» **About this task**: Lines in the listing below that include the word "document" need to be copied.

» **Input**:
== Segment start ==
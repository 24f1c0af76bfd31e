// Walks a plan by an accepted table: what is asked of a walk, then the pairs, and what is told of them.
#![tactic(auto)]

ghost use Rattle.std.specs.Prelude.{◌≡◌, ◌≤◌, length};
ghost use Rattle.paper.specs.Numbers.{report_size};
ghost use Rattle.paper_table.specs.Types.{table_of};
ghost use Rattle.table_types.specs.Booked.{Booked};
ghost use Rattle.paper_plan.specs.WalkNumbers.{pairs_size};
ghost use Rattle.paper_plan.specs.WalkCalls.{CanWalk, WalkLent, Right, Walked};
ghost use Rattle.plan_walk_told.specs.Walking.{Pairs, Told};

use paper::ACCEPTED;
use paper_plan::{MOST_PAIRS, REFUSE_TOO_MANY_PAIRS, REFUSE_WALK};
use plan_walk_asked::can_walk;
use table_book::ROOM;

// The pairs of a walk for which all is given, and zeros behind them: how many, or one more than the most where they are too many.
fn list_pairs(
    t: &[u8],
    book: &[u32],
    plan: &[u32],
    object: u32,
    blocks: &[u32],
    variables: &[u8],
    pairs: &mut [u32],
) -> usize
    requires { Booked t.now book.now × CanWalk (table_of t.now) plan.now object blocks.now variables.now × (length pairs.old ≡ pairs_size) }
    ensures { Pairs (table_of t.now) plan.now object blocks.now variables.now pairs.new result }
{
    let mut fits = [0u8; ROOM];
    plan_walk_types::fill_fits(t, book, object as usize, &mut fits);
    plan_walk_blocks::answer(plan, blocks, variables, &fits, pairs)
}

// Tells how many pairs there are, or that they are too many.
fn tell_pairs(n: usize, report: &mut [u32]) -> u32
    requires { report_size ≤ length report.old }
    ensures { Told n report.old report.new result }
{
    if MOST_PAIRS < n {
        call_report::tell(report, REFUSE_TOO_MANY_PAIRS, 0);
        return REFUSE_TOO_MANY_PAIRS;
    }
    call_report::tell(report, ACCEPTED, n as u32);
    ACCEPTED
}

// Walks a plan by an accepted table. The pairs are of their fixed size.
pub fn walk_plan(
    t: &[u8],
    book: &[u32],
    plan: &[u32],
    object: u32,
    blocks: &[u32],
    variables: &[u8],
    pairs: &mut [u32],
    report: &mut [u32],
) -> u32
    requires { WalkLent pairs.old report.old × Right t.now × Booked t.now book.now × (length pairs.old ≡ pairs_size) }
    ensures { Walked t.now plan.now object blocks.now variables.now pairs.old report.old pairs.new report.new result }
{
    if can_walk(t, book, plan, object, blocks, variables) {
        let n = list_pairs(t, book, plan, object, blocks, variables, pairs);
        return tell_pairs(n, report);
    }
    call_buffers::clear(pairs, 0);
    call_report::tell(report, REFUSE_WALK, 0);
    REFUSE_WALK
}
== Segment end ==
== Segment start ==
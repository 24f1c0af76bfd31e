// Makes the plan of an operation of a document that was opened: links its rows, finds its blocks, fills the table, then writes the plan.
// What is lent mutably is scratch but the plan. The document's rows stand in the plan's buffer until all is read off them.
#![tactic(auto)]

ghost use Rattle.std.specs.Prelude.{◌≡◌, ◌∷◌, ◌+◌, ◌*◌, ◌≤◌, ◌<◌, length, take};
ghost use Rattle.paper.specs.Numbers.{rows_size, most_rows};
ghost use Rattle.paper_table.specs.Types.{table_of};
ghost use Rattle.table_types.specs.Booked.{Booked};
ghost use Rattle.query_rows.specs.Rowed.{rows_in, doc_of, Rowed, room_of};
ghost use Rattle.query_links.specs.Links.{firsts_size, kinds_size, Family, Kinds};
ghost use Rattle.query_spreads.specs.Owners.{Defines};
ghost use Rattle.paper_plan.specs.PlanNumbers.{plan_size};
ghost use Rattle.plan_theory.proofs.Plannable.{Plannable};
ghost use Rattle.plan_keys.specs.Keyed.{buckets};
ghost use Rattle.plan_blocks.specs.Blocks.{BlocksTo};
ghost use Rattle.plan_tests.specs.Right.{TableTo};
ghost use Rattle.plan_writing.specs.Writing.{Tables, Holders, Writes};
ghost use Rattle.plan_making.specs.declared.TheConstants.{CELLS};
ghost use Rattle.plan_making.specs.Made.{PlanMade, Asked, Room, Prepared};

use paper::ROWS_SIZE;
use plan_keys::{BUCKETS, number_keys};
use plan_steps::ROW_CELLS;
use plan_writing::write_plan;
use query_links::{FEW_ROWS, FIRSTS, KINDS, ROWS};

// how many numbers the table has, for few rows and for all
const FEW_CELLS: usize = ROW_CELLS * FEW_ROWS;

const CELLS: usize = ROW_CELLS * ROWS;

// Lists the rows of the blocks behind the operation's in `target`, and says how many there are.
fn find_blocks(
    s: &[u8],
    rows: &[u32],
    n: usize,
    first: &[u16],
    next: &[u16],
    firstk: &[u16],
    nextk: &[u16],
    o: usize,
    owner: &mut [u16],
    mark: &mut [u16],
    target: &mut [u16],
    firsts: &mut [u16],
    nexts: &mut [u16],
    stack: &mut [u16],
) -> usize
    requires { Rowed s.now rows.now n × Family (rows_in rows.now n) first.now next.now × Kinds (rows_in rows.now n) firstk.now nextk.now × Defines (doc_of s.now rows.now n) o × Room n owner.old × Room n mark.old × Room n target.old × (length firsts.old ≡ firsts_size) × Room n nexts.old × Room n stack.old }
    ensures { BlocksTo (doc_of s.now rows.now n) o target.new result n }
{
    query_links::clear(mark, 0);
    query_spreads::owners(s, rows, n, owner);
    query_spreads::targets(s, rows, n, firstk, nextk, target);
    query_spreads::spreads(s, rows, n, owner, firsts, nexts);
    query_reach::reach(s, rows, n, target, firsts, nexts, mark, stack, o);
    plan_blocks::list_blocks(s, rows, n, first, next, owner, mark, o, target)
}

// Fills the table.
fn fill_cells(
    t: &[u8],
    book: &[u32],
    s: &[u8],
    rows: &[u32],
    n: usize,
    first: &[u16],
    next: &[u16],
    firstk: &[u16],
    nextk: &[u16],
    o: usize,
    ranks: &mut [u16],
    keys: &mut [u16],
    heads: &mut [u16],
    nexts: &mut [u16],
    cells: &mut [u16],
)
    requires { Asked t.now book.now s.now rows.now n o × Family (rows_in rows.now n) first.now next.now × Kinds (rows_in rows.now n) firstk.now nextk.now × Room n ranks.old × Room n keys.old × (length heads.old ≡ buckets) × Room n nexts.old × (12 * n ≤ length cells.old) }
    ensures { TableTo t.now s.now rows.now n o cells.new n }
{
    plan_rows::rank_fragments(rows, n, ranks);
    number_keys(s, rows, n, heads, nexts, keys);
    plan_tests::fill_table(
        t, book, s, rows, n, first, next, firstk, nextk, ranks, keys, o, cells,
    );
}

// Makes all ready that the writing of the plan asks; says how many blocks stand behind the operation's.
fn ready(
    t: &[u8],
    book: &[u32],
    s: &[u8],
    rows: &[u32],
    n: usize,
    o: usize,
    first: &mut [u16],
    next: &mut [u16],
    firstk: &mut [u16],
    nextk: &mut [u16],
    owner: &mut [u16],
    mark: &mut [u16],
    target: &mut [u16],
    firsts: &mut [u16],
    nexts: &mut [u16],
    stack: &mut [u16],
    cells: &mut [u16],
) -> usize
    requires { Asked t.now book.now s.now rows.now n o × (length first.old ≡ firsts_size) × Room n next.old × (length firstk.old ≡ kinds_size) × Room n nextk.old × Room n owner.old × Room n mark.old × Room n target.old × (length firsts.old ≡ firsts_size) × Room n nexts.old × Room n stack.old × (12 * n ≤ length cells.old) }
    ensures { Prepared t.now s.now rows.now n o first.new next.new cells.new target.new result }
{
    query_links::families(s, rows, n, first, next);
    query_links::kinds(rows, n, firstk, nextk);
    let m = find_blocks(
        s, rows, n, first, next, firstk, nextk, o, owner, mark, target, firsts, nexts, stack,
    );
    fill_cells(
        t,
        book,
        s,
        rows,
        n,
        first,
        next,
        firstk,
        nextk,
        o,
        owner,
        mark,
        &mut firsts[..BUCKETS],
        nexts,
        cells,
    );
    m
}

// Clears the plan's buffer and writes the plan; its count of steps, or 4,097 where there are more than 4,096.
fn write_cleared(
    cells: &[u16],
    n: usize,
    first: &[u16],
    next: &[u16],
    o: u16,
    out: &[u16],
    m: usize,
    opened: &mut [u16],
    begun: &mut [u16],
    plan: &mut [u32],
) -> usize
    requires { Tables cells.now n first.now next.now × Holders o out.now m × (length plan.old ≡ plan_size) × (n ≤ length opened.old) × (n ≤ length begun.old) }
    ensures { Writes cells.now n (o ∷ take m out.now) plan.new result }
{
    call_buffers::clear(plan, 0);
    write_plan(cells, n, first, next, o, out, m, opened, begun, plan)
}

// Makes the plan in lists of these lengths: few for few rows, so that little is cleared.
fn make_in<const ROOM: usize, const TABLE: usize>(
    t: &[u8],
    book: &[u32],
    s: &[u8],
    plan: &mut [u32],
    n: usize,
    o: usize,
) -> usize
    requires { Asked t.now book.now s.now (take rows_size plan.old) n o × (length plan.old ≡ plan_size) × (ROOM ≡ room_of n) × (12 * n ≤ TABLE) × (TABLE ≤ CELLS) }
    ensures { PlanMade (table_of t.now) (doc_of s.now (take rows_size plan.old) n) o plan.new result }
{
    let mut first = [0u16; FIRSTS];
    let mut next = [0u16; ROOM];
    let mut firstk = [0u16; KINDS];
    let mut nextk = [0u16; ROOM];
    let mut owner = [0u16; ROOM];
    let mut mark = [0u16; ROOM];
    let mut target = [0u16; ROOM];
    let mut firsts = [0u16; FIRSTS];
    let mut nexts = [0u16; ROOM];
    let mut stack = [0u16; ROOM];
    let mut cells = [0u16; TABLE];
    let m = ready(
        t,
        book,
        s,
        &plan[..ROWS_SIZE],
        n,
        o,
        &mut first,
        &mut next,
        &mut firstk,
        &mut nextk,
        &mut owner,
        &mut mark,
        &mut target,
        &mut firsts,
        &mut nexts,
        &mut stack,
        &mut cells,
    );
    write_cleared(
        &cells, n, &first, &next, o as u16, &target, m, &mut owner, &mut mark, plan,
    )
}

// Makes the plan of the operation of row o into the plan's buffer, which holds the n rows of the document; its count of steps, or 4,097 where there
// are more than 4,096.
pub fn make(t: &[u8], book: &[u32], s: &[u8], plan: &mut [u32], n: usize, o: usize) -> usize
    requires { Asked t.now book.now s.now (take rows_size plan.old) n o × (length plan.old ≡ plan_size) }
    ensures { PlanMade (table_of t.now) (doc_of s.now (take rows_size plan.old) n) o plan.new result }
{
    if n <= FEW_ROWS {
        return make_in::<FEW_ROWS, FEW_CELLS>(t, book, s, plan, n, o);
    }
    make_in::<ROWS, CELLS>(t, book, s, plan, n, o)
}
== Segment end ==
» **Response box**:
// Makes the plan of an operation of a document that was opened: links its rows, finds its blocks, fills the table, then writes the plan.
// What is lent mutably is scratch but the plan. The document's rows stand in the plan's buffer until all is read off them.
// Makes the plan of the operation of row o into the plan's buffer, which holds the n rows of the document; its count of steps, or 4,097 where there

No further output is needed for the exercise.